//! The spelling of a character or a byte between quotes.
ghost use Rattle.std.specs.Prelude.{◌≡◌, ◌≤◌, ◌<◌, ◌++◌, OnOk, string_bytes, encode_utf8_all};
ghost use Rattle.std.specs.Fmt.{digits};
ghost use Rattle.litrs_grammar.specs.Quoted.{item_text};
ghost use Rattle.litrs_build.specs.Spelling.{char_spelling, byte_spelling, is_escaped, is_shown, shown_or_number, is_upper, cased_digit, cased_item};

use crate::printable::is_printable;
use crate::style::Case;
use std::alloc::AllocError;
use std::fmt::Write;
use unicode::properties::is_grapheme_extend;

/// The spelling of a character or a byte.
#[derive(Clone, Copy)]
pub(crate) enum Spelling {
    /// The character itself.
    Plain(char),
    /// A backslash and this character.
    Simple(char),
    /// `\x` and two digits.
    Hex(u8),
    /// `\u{..}`.
    Unicode(char),
}

impl Spelling {
    /// Returns the spelling of `c` between such quotes. A character that is not printable is
    /// escaped, and so is a combining one that follows the opening quote or an escape.
    pub(crate) fn of_char(c: char, quote: char, follows_mark: bool) -> Spelling
        ensures { result ≡ char_spelling quote follows_mark c }
    {
        match c {
            '\0' => Spelling::Simple('0'),
            '\t' => Spelling::Simple('t'),
            '\n' => Spelling::Simple('n'),
            '\r' => Spelling::Simple('r'),
            _ if c == quote || c == '\\' => Spelling::Simple(c),
            _ => shown_or_number(c, follows_mark),
        }
    }

    /// Returns the spelling of `b` between such quotes.
    pub(crate) fn of_byte(b: u8, quote: char) -> Spelling
        ensures { result ≡ byte_spelling quote b }
    {
        if b.is_ascii() {
            Spelling::of_char(char::from(b), quote, false)
        } else {
            Spelling::Hex(b)
        }
    }

    pub(crate) fn is_escaped(self) -> bool
        ensures { result ≡ is_escaped self }
    {
        match self {
            Spelling::Plain(_) => false,
            Spelling::Simple(_) | Spelling::Hex(_) | Spelling::Unicode(_) => true,
        }
    }

    /// Returns its length in bytes.
    pub(crate) fn len(self) -> usize
        ensures { result ≤ 10 }
    {
        match self {
            Spelling::Plain(c) => c.len_utf8(),
            Spelling::Simple(_) => 2,
            Spelling::Hex(_) => 4,
            Spelling::Unicode(c) => 4 + hex_len(c),
        }
    }

    /// Appends it to `text`, with its hex digits in this case.
    ///
    /// # Errors
    ///
    /// Returns `AllocError` if `text` has no room for it and an allocation fails.
    pub(crate) fn push_to(self, text: &mut String, case: Case) -> Result<(), AllocError>
        ensures { OnOk result (string_bytes text.new
            ≡ string_bytes text.old ++ encode_utf8_all (item_text (cased_item case self))) }
    {
        match self {
            Spelling::Plain(c) => text.push(c),
            Spelling::Simple(c) => {
                text.push('\\')?;
                text.push(c)
            }
            Spelling::Hex(b) => {
                text.push_str("\\x")?;
                text.push(hex_digit(b / 16, case))?;
                text.push(hex_digit(b % 16, case))?;
                Ok(())
            }
            Spelling::Unicode(c) => {
                text.push_str("\\u{")?;
                push_hex(text, u32::from(c), case)?;
                text.push('}')?;
                Ok(())
            }
        }
    }
}

/// Returns the spelling of a character that has no short escape. This is itself if it is printable
/// and does not combine with the opening quote or an escape before it, otherwise its number.
fn shown_or_number(c: char, follows_mark: bool) -> Spelling
    ensures { result ≡ shown_or_number follows_mark c }
{
    if is_shown(c, follows_mark) {
        Spelling::Plain(c)
    } else if c.is_ascii() {
        Spelling::Hex(c as u8)
    } else {
        Spelling::Unicode(c)
    }
}

/// Returns `true` if a character without a short escape is not escaped.
fn is_shown(c: char, follows_mark: bool) -> bool
    ensures { result ≡ is_shown follows_mark c }
{
    is_printable(c) && !(follows_mark && is_grapheme_extend(c))
}

/// Returns the hex digit of a number below 16, in this case.
fn hex_digit(number: u8, case: Case) -> char
    requires { number < 16 }
    ensures { result ≡ cased_digit case number }
{
    let ten = match case {
        Case::Lower => b'a',
        Case::Upper => b'A',
    };
    if number < 10 {
        char::from(b'0' + number)
    } else {
        char::from(ten + (number - 10))
    }
}

/// Appends the hex digits of a number, in this case.
fn push_hex(text: &mut String, number: u32, case: Case) -> Result<(), AllocError>
    ensures { OnOk result (string_bytes text.new
        ≡ string_bytes text.old ++ digits 16 (is_upper case) number) }
{
    match case {
        Case::Lower => write!(text, "{number:x}"),
        Case::Upper => write!(text, "{number:X}"),
    }
}

/// Returns the number of hex digits of a character's number.
fn hex_len(c: char) -> usize
    ensures { result ≤ 6 }
{
    match u32::from(c) {
        0..=0xf => 1,
        0x10..=0xff => 2,
        0x100..=0xfff => 3,
        0x1000..=0xffff => 4,
        0x1_0000..=0xf_ffff => 5,
        _ => 6,
    }
}
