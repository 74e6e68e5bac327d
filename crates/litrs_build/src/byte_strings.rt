//! Byte strings.
ghost use Rattle.std.specs.Prelude.{◌≡◌, ◌<◌, ◌++◌, ◌∷◌, [], IfOk, IfErr, OnOk, IsTrue, length, string_bytes, encode_utf8_all, codes};
ghost use Rattle.std.specs.Str.{chars};
ghost use Rattle.litrs_base.specs.declared.quotes.StringKind.TheVariants.{ByteString as byte_string_kind};
ghost use Rattle.litrs_grammar.specs.Quoted.{body_text};
ghost use Rattle.litrs_grammar.specs.Literal.{string_value};
ghost use Rattle.litrs_grammar.specs.LiteralText.{string_text};
ghost use Rattle.litrs_grammar.specs.Suffix.{is_suffix};
ghost use Rattle.litrs_build.specs.Errors.{suffix_error, IsErrorOf};
ghost use Rattle.litrs_build.specs.Pieces.{piece_text};
ghost use Rattle.litrs_build.specs.Written.{byte_items, written_byte_string};

use crate::error::{BuildError, memory_error};
use crate::pieces::{Piece, plain_front};
use crate::spelling::Spelling;
use litrs::ByteStringLit;
use litrs_lex::check_suffix;
use std::alloc::{AllocError, Global};

/// Builds the byte string with this value and this suffix, which may be empty, for example
/// `b"a\xff"`. See [the reference][ref].
///
/// There is one allocation for the text, and one for the value if the text contains a backslash.
///
/// # Errors
///
/// Returns `NotASuffix` if `suffix` is neither empty nor an identifier other than `_`, otherwise
/// `Memory` if an allocation fails.
///
/// [ref]: https://doc.rust-lang.org/reference/tokens.html#byte-string-literals
pub fn byte_string(
    alloc: Global,
    value: &[u8],
    suffix: &str,
) -> Result<ByteStringLit<String>, BuildError>
    ensures written { IfOk result (λ lit. chars lit.raw
        ≡ string_text byte_string_kind (written_byte_string value.now (chars suffix.now))) }
    ensures parts { IfOk result (λ lit.
        lit.parts ≡ written_byte_string value.now (chars suffix.now)) }
    ensures value { IfOk result (λ lit. string_value lit.parts ≡ value.now) }
    ensures suffix { IfOk result (λ _. IsTrue (is_suffix (chars suffix.now))) }
    ensures refused { IfErr result (IsErrorOf (suffix_error (chars suffix.now))) }
{
    let text = write_byte_string(alloc, value, suffix)?;
    match ByteStringLit::parse(alloc, text) {
        Ok(lit) => Ok(lit),
        Err(e) => Err(memory_error(&e)),
    }
}

fn write_byte_string(alloc: Global, value: &[u8], suffix: &str) -> Result<String, BuildError>
    ensures text { IfOk result (λ text. string_bytes text ≡ ((codes "b\""
        ++ encode_utf8_all (body_text (byte_items value.now))) ++ 34 ∷ []) ++ suffix.now) }
    ensures suffix { IfOk result (λ _. IsTrue (is_suffix (chars suffix.now))) }
    ensures refused { IfErr result (IsErrorOf (suffix_error (chars suffix.now))) }
{
    if check_suffix(suffix).is_err() {
        return Err(BuildError::NotASuffix);
    }
    let len = bytes_len(value)
        .saturating_add(suffix.len())
        .saturating_add(3);
    // bounded by the length of the text, which was counted.
    let mut text = String::with_capacity(alloc, len)?;
    text.push_str("b\"")?;
    push_bytes(&mut text, value)?;
    text.push('"')?;
    text.push_str(suffix)?;
    Ok(text)
}

/// Returns the length in bytes of `value`, escaped.
fn bytes_len(value: &[u8]) -> usize {
    let mut len: usize = 0;
    let mut rest = value;
    while !rest.is_empty() {
        let (piece, after) = first_piece(rest);
        len = len.saturating_add(piece.len());
        rest = after;
    }
    len
}

/// Appends `value`, escaped.
fn push_bytes(text: &mut String, value: &[u8]) -> Result<(), AllocError>
    ensures { OnOk result (string_bytes text.new
        ≡ string_bytes text.old ++ encode_utf8_all (body_text (byte_items value.now))) }
{
    let mut rest = value;
    while !rest.is_empty() {
        let (piece, after) = first_piece(rest);
        piece.push_to(text)?;
        rest = after;
    }
    Ok(())
}

/// Splits the first piece off `bytes`, which are not empty.
#[inline(always)]
fn first_piece(bytes: &[u8]) -> (Piece<'_>, &[u8])
    requires { 0 < length bytes.now }
    ensures text { encode_utf8_all (body_text (byte_items bytes.now))
        ≡ piece_text result.0 ++ encode_utf8_all (body_text (byte_items result.1.now)) }
    ensures shorter { length result.1.now < length bytes.now }
{
    let plain = plain_front(bytes);
    if plain.is_empty() {
        (
            Piece::Spelled(Spelling::of_byte(bytes[0], '"')),
            &bytes[1..],
        )
    } else {
        (Piece::Plain(plain), &bytes[plain.len()..])
    }
}
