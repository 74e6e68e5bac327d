//! Strings whose bodies are open at the end of a line.
//!
//! The string that is open after some lines is open with more lines after them too, up to where it
//! was read. So only the next line is read.
ghost use Rattle.std.specs.Prelude.{⊤, drop};
ghost use Rattle.std.specs.Str.{chars, IsCharBoundary};
ghost use Rattle.litrs_base.specs.Quotes.{switches_of};
ghost use Rattle.litrs_lex.specs.BodyStop.{EndsWithin, StopsBy};
ghost use Rattle.litrs_lex.specs.Reading.{IsItemsEnd};
ghost use Rattle.litrs_lines.specs.Open.{IsAfter, IsOpen, IsKnown, IsQuotedTo, IsContinuedTo, IsRawTo};

use litrs_lex::body_stop::{BodyStop, Within, quoted_stop};
use litrs_lex::raw::{body_end, open_raw};
use litrs_lex::{Front, InByteString, InCString, InString, Run, StringKind, run_end};

/// The part of a string in which a place is.
#[derive(Clone, Copy)]
pub(crate) enum Body {
    /// A quoted body, between two of its items.
    Quoted,
    /// A continuation of a quoted body, which takes all spaces, tabs and LFs that follow.
    Continuation,
    /// A raw body, by the number of hashes around it.
    Raw(usize),
}

/// A string whose body is open, up to where it was read.
#[derive(Clone, Copy)]
pub(crate) struct Open {
    kind: StringKind,
    body: Body,
    /// The place up to which it was read, in bytes.
    place: usize,
}

/// Returns the string that is open after `text` and an LF, or `None` if they do not begin a
/// literal. If `known` is open in `text`, only what follows its place is read.
#[inline(always)]
pub(crate) fn open_after(text: &str, known: Option<Open>) -> Option<Open>
    requires { IsKnown text.now known }
    ensures { IsAfter text.now result }
{
    match known {
        Some(string) => next_line(text, string),
        None => first_line(text),
    }
}

/// Like [`open_after`], if nothing is known.
fn first_line(text: &str) -> Option<Open>
    ensures { IsAfter text.now result }
{
    match Front::of(text) {
        Front::Quoted(kind) => quoted_line(text, kind, kind.front_len()),
        Front::Raw(kind) => match open_raw(text, kind.front_len()) {
            Ok((hashes, place)) => raw_line(text, kind, hashes, place),
            Err(_) => None,
        },
        Front::Number => None,
        Front::Char => None,
        Front::Byte => None,
        Front::Empty => None,
        Front::Bool(_) => None,
        Front::Other => None,
    }
}

/// Like [`open_after`], if `string` is open.
#[inline(always)]
fn next_line(text: &str, string: Open) -> Option<Open>
    requires { IsOpen text.now string }
    ensures { IsAfter text.now result }
{
    match string.body {
        Body::Quoted => quoted_line(text, string.kind, string.place),
        Body::Continuation => continued_line(text, string.kind, string.place),
        Body::Raw(hashes) => raw_line(text, string.kind, hashes, string.place),
    }
}

/// Like [`next_line`], for a quoted body, with `place` between two of its items.
#[inline(always)]
fn quoted_line(text: &str, kind: StringKind, place: usize) -> Option<Open>
    requires { IsQuotedTo kind place text.now }
    ensures { IsAfter text.now result }
{
    let (end, stop) = stop_of(kind, text, place);
    match stop {
        BodyStop::Ended(within) => ended_line(text, kind, end, within),
        BodyStop::Quote => None,
        BodyStop::Refused => None,
    }
}

/// Like [`quoted_line`], if the text ends within the body.
#[inline(always)]
fn ended_line(text: &str, kind: StringKind, place: usize, within: Within) -> Option<Open>
    requires read { IsQuotedTo kind place text.now }
    requires ends { EndsWithin (switches_of kind) within (chars (drop place text.now)) }
    ensures { IsAfter text.now result }
{
    match within {
        Within::Items => Some(Open {
            kind,
            body: Body::Quoted,
            place,
        }),
        Within::Escape => Some(Open {
            kind,
            body: Body::Quoted,
            place,
        }),
        Within::Backslash => Some(Open {
            kind,
            body: Body::Continuation,
            place: text.len() + 1,
        }),
        Within::Continuation => Some(Open {
            kind,
            body: Body::Continuation,
            place: text.len() + 1,
        }),
        Within::PartOfEscape => None,
    }
}

/// Like [`quoted_stop`], for a body of `kind`, compiled for each.
#[inline(always)]
fn stop_of(kind: StringKind, text: &str, place: usize) -> (usize, BodyStop)
    requires { IsCharBoundary text.now place }
    ensures ends { IsItemsEnd (switches_of kind) text.now place (λ _. ⊤) result.0 }
    ensures stops { StopsBy (switches_of kind) (chars (drop result.0 text.now)) result.1 }
{
    match kind {
        StringKind::String => quoted_stop(text, place, InString),
        StringKind::ByteString => quoted_stop(text, place, InByteString),
        StringKind::CString => quoted_stop(text, place, InCString),
    }
}

/// Like [`next_line`], for a quoted body, with `place` in a continuation.
fn continued_line(text: &str, kind: StringKind, place: usize) -> Option<Open>
    requires { IsContinuedTo kind place text.now }
    ensures { IsAfter text.now result }
{
    let end = place + run_end(&text.as_bytes()[place..], Run::Blanks);
    if end == text.len() {
        Some(Open {
            kind,
            body: Body::Continuation,
            place: end + 1,
        })
    } else {
        quoted_line(text, kind, end)
    }
}

/// Like [`next_line`], for a raw body between `hashes` hashes.
#[inline(always)]
fn raw_line(text: &str, kind: StringKind, hashes: usize, place: usize) -> Option<Open>
    requires { IsRawTo kind hashes place text.now }
    ensures { IsAfter text.now result }
{
    let stop = body_end(text.as_bytes(), place, hashes, kind.switches());
    if stop == text.len() {
        Some(Open {
            kind,
            body: Body::Raw(hashes),
            place: stop + 1,
        })
    } else {
        None
    }
}
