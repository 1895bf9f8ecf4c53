ghost use Rattle.std.specs.Prelude.{◌≡◌, ◌≤◌, length, IfSome};
ghost use Rattle.spelled_tokens.specs.Spelling.{text_behind, cut, spelling, inside};

use py_lexer::Token;

#[tactic(auto, using(crate::proofs::Cuts::at_boundary), unfolding(crate::specs::Spelling::cut))]
/// The text between two of its bytes, where both begin a character or end the text.
fn cut(text: &str, from: usize, to: usize) -> Option<&str>
    ensures value { text_behind result ≡ cut text.now from to }
    ensures within { IfSome result (λ part. length part.now ≤ length text.now) }
{
    if from <= to && text.is_char_boundary(from) && text.is_char_boundary(to) {
        Some(&text[from..to])
    } else {
        None
    }
}

/// What a token spells.
pub fn spelling<'a>(text: &'a str, token: &Token) -> Option<&'a str>
    ensures value { text_behind result ≡ spelling text.now token.now }
    ensures within { IfSome result (λ part. length part.now ≤ length text.now) }
{
    cut(text, token.from as usize, token.to as usize)
}

/// What stands between the quotes of a string.
pub fn inside<'a>(text: &'a str, token: &Token) -> Option<&'a str>
    ensures value { text_behind result ≡ inside text.now token.now }
    ensures within { IfSome result (λ part. length part.now ≤ length text.now) }
{
    cut(
        text,
        token.from as usize + 1,
        (token.to as usize).saturating_sub(1),
    )
}
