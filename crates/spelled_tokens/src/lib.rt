//! Tokens as the grammar takes them: each with what it spells, and its place. Tokens and their text come in; a name comes
//! out with its text, a number and a string with their values, and every word and operator as itself. The contract says
//! that `spell` is the function of that name, which the grammar's definitions rest on.
#![tactic(auto)]

mod cutting;
mod token;
mod words;

pub use token::{Mark, Spelled, What, spell};
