ghost use Rattle.std.specs.Prelude.{◌≡◌};
ghost use Rattle.spelled_tokens.specs.Words.{expression_word, type_word, statement_word, mark_when, word_what, operator, punctuation, sign_what};

use crate::token::{Mark, What};
use mono_syntax::Op;

#[tactic(auto, unfolding(crate::specs::Words::expression_word))]
fn expression_word(word: &str) -> Option<What>
    ensures { result ≡ expression_word word.now }
{
    match word {
        "True" => Some(What::Bool(true)),
        "False" => Some(What::Bool(false)),
        "None" => Some(What::Nil),
        "or" => Some(What::Or),
        "and" => Some(What::And),
        "not" => Some(What::Not),
        "cast" => Some(What::Cast),
        "join" => Some(What::Join),
        _ => None,
    }
}

#[tactic(auto, unfolding(crate::specs::Words::type_word))]
fn type_word(word: &str) -> Option<Mark>
    ensures { result ≡ type_word word.now }
{
    match word {
        "int" => Some(Mark::Int),
        "bool" => Some(Mark::Bool),
        "str" => Some(Mark::Str),
        "Dyn" => Some(Mark::Dyn),
        "Callable" => Some(Mark::Callable),
        _ => None,
    }
}

#[tactic(auto, unfolding(crate::specs::Words::statement_word))]
fn statement_word(word: &str) -> Mark
    ensures { result ≡ statement_word word.now }
{
    match word {
        "class" => Mark::Class,
        "def" => Mark::Def,
        "pass" => Mark::Pass,
        "return" => Mark::Return,
        "print" => Mark::Print,
        "start" => Mark::Start,
        "if" => Mark::If,
        "elif" => Mark::Elif,
        "else" => Mark::Else,
        "while" => Mark::While,
        _ => Mark::Unused,
    }
}

fn mark_what(word: &str) -> What
    ensures { result ≡ mark_when (type_word word.now) word.now }
{
    match type_word(word) {
        Some(mark) => What::Mark(mark),
        None => What::Mark(statement_word(word)),
    }
}

/// What a reserved word is.
pub fn word_what(word: &str) -> What
    ensures { result ≡ word_what word.now }
{
    match expression_word(word) {
        Some(what) => what,
        None => mark_what(word),
    }
}

#[tactic(auto, unfolding(crate::specs::Words::operator))]
fn operator(sign: &str) -> Option<Op>
    ensures { result ≡ operator sign.now }
{
    match sign {
        "+" => Some(Op::Add),
        "-" => Some(Op::Sub),
        "*" => Some(Op::Mul),
        "//" => Some(Op::Div),
        "%" => Some(Op::Mod),
        "<" => Some(Op::Lt),
        "<=" => Some(Op::Le),
        ">" => Some(Op::Gt),
        ">=" => Some(Op::Ge),
        "==" => Some(Op::Eq),
        "!=" => Some(Op::Ne),
        _ => None,
    }
}

#[tactic(auto, unfolding(crate::specs::Words::punctuation))]
fn punctuation(sign: &str) -> What
    ensures { result ≡ punctuation sign.now }
{
    match sign {
        "." => What::Dot,
        "(" => What::Open,
        ")" => What::Close,
        "," => What::Comma,
        "[" => What::Mark(Mark::OpenSquare),
        "]" => What::Mark(Mark::CloseSquare),
        "=" => What::Mark(Mark::Equals),
        ":" => What::Mark(Mark::Colon),
        "->" => What::Mark(Mark::Arrow),
        _ => What::Mark(Mark::Unused),
    }
}

/// What an operator is.
pub fn sign_what(sign: &str) -> What
    ensures { result ≡ sign_what sign.now }
{
    match operator(sign) {
        Some(op) => What::Operator(op),
        None => punctuation(sign),
    }
}
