ghost use Rattle.std.specs.Prelude.{◌≡◌, IfOk};
ghost use Rattle.spelled_tokens.specs.Spelling.{text_behind, spelling, inside};
ghost use Rattle.spelled_tokens.specs.SpelledTokens.{name_what, number_what, text_what, reserved_what, operator_what, what_when, spell};

use crate::cutting::{inside, spelling};
use crate::words::{sign_what, word_what};
use mono_syntax::{Name, Op, Place};
use py_chars::{StringFault, number_value, string_value};
use py_lexer::{Token, TokenKind};
use std::alloc::{AllocError, Global};

/// A word, operator or layout token that no expression has.
#[derive(Clone, Copy, Debug, PartialEq, Eq)]
pub enum Mark {
    Int,
    Bool,
    Str,
    Dyn,
    Callable,
    OpenSquare,
    CloseSquare,
    Equals,
    Colon,
    Arrow,
    Class,
    Def,
    Pass,
    Return,
    Print,
    Start,
    If,
    Elif,
    Else,
    While,
    Newline,
    Indent,
    Dedent,
    End,
    /// A reserved word that stands in no form.
    Unused,
}

/// What a token is in the grammar.
#[derive(Drop)]
pub enum What {
    Name(Name),
    /// The value of a number.
    Number(u64),
    /// The value of a string.
    Text(Name),
    Bool(bool),
    Nil,
    Or,
    And,
    Not,
    /// An operator with two parts; the minus may also stand in front of one.
    Operator(Op),
    Dot,
    Open,
    Close,
    Comma,
    Cast,
    Join,
    Mark(Mark),
}

/// A token with what it spells.
#[derive(Drop)]
pub struct Spelled {
    pub what: What,
    pub place: Place,
}

fn name_what(alloc: Global, text: Option<&str>) -> Result<What, AllocError>
    ensures { IfOk result (λ what. what ≡ name_what (text_behind text.entry)) }
{
    let Some(text) = text else {
        return Ok(What::Mark(Mark::Unused));
    };
    let name = Name::new(alloc, text.as_bytes())?;
    Ok(What::Name(name))
}

fn number_what(text: Option<&str>) -> What
    ensures { result ≡ number_what (text_behind text.entry) }
{
    let Some(text) = text else {
        return What::Mark(Mark::Unused);
    };
    match number_value(text) {
        Some(number) => What::Number(number),
        None => What::Mark(Mark::Unused),
    }
}

fn text_what(alloc: Global, inside: Option<&str>) -> Result<What, AllocError>
    ensures { IfOk result (λ what. what ≡ text_what (text_behind inside.entry)) }
{
    let Some(inside) = inside else {
        return Ok(What::Mark(Mark::Unused));
    };
    match string_value(alloc, inside) {
        Ok(value) => {
            let text = Name::new(alloc, value.as_bytes())?;
            Ok(What::Text(text))
        }
        Err(StringFault::BadEscape(_)) => Ok(What::Mark(Mark::Unused)),
        Err(StringFault::Memory) => Err(AllocError),
    }
}

fn reserved_what(text: Option<&str>) -> What
    ensures { result ≡ reserved_what (text_behind text.entry) }
{
    match text {
        Some(word) => word_what(word),
        None => What::Mark(Mark::Unused),
    }
}

fn operator_what(text: Option<&str>) -> What
    ensures { result ≡ operator_what (text_behind text.entry) }
{
    match text {
        Some(sign) => sign_what(sign),
        None => What::Mark(Mark::Unused),
    }
}

fn what_of(alloc: Global, text: &str, token: &Token) -> Result<What, AllocError>
    ensures { IfOk result (λ what. what ≡ what_when token.now.what (spelling text.now token.now) (inside text.now token.now)) }
{
    match token.what {
        TokenKind::Name => name_what(alloc, spelling(text, token)),
        TokenKind::Reserved => Ok(reserved_what(spelling(text, token))),
        TokenKind::Number => Ok(number_what(spelling(text, token))),
        TokenKind::Str => text_what(alloc, inside(text, token)),
        TokenKind::Sign => Ok(operator_what(spelling(text, token))),
        TokenKind::Newline => Ok(What::Mark(Mark::Newline)),
        TokenKind::Indent => Ok(What::Mark(Mark::Indent)),
        TokenKind::Dedent => Ok(What::Mark(Mark::Dedent)),
        TokenKind::End => Ok(What::Mark(Mark::End)),
    }
}

/// A token of a text with what it spells. The text of a name and the value of a string are copied.
pub fn spell(alloc: Global, text: &str, token: &Token) -> Result<Spelled, AllocError>
    ensures { IfOk result (λ s. s ≡ spell text.now token.now) }
{
    let what = what_of(alloc, text, token)?;
    Ok(Spelled {
        what,
        place: token.place,
    })
}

-*-*-

Exercise description
Copy every line of the records above, starting with the first, up to and including the line containing "use crate::style::Case;".

Solution for this exercise
//! The spelling of a character or a byte between quotes.
ghost use Rattle.std.specs.Prelude.{◌≡◌, ◌≤◌, ◌<◌, ◌++◌, OnOk, string_bytes, encode_utf8_all};
ghost use Rattle.std.specs.Fmt.{digits};
ghost use Rattle.litrs_grammar.specs.Quoted.{item_text};
ghost use Rattle.litrs_build.specs.Spelling.{char_spelling, byte_spelling, is_escaped, is_shown, shown_or_number, is_upper, cased_digit, cased_item};

use crate::printable::is_printable;
use crate::style::Case;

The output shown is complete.